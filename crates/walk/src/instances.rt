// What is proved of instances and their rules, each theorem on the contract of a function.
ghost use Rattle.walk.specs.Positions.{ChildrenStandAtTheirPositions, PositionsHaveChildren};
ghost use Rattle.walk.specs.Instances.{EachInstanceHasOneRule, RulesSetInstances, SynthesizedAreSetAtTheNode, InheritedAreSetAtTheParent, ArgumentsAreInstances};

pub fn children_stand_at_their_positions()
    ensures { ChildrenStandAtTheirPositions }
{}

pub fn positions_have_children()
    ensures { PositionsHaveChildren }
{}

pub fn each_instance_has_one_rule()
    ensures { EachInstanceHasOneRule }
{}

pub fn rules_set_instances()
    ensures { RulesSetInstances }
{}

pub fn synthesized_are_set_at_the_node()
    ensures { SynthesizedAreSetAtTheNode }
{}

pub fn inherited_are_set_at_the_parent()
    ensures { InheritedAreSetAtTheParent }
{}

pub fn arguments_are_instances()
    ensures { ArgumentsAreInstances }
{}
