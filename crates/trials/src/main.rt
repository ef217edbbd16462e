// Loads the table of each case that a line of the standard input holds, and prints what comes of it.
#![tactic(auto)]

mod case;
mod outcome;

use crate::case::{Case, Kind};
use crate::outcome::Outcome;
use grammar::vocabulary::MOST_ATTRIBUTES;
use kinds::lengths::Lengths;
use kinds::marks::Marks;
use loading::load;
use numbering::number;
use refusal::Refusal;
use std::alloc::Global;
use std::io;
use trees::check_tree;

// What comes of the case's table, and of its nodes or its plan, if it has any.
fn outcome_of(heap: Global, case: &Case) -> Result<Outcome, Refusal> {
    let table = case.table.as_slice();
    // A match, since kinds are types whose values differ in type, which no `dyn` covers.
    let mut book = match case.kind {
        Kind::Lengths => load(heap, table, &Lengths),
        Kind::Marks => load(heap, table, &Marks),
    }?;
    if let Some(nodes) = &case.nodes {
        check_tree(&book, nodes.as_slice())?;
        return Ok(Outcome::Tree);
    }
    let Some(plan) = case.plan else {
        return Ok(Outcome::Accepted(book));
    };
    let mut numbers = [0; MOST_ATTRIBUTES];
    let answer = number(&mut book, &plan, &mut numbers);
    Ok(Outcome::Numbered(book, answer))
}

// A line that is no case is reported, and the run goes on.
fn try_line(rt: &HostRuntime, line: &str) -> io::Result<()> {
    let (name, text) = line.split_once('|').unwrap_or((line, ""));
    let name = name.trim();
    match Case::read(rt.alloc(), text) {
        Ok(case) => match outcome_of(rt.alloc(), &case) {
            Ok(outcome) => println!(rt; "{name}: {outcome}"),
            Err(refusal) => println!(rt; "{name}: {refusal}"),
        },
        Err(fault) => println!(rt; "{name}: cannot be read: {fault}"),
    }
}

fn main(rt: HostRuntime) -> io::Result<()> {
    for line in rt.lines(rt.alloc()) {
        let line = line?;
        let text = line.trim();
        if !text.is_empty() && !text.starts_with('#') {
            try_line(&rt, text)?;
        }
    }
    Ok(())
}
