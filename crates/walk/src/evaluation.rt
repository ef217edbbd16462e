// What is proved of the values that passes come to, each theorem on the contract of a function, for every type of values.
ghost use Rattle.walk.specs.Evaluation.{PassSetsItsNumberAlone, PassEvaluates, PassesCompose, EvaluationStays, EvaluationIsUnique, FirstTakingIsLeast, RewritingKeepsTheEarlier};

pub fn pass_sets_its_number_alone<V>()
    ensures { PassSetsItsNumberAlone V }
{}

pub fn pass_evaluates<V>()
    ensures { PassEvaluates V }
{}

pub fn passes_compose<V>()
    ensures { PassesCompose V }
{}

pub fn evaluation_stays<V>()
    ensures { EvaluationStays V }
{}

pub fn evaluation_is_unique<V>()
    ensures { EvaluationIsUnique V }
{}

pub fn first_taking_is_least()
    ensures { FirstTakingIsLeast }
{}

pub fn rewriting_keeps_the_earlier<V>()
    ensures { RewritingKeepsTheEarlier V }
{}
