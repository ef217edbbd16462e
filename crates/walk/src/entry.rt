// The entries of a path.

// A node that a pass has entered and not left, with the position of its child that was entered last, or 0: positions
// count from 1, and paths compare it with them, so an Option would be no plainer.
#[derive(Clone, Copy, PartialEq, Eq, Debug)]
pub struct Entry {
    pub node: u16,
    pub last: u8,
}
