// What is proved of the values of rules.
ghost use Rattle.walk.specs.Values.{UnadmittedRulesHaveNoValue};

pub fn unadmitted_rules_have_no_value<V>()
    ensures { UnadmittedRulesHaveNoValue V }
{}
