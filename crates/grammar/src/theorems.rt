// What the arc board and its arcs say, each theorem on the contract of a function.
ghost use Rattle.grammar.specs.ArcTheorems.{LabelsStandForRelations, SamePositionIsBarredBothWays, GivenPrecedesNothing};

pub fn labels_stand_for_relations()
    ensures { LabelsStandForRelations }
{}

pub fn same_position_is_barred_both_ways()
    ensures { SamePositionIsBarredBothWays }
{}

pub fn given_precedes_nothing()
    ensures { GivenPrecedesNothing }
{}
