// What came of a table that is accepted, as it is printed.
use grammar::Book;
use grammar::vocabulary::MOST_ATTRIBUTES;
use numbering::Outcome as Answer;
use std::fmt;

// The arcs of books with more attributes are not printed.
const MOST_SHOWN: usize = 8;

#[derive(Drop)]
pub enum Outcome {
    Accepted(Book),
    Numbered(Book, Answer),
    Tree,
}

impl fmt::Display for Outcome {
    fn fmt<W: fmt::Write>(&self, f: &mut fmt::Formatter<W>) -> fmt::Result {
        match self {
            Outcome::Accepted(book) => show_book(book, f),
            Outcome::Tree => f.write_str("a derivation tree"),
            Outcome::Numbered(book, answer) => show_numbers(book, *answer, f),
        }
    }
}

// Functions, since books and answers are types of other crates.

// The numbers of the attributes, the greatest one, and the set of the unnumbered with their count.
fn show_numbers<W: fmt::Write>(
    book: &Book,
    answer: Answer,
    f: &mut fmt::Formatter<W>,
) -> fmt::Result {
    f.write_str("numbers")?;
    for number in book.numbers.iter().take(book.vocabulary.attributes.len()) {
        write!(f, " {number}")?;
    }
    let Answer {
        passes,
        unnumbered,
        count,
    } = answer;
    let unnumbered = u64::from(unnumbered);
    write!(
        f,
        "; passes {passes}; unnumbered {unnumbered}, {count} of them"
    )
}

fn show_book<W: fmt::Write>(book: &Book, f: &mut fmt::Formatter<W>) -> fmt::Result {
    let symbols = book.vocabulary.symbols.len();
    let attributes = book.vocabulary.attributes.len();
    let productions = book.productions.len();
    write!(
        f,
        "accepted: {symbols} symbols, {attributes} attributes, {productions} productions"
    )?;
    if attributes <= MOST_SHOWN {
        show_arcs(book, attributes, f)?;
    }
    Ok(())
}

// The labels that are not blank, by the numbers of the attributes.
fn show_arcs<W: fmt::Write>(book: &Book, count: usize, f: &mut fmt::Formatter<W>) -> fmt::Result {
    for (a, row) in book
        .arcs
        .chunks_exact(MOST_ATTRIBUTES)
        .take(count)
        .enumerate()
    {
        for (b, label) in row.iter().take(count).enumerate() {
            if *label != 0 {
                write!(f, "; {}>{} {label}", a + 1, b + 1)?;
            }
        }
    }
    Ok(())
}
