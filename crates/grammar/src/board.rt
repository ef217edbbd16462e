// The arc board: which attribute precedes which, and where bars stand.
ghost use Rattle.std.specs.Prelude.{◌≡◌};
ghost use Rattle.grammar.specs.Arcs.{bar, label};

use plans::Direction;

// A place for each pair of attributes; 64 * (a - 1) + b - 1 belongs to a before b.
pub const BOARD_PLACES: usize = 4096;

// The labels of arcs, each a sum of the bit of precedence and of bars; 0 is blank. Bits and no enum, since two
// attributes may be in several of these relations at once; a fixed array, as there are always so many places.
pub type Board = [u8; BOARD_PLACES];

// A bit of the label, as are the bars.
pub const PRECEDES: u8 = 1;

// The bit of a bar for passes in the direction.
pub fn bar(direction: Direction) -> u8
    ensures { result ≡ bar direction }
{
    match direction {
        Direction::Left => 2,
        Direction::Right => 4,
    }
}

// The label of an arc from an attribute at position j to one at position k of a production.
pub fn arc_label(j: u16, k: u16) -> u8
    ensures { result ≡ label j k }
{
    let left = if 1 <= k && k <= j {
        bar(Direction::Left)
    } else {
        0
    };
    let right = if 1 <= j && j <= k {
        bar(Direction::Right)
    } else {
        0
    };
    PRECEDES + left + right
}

## EXERCISE PROMPT
Report the number of lines in the entries above that include the word "since" and add nothing to it.

## RESPONSE TO THIS EXERCISE
3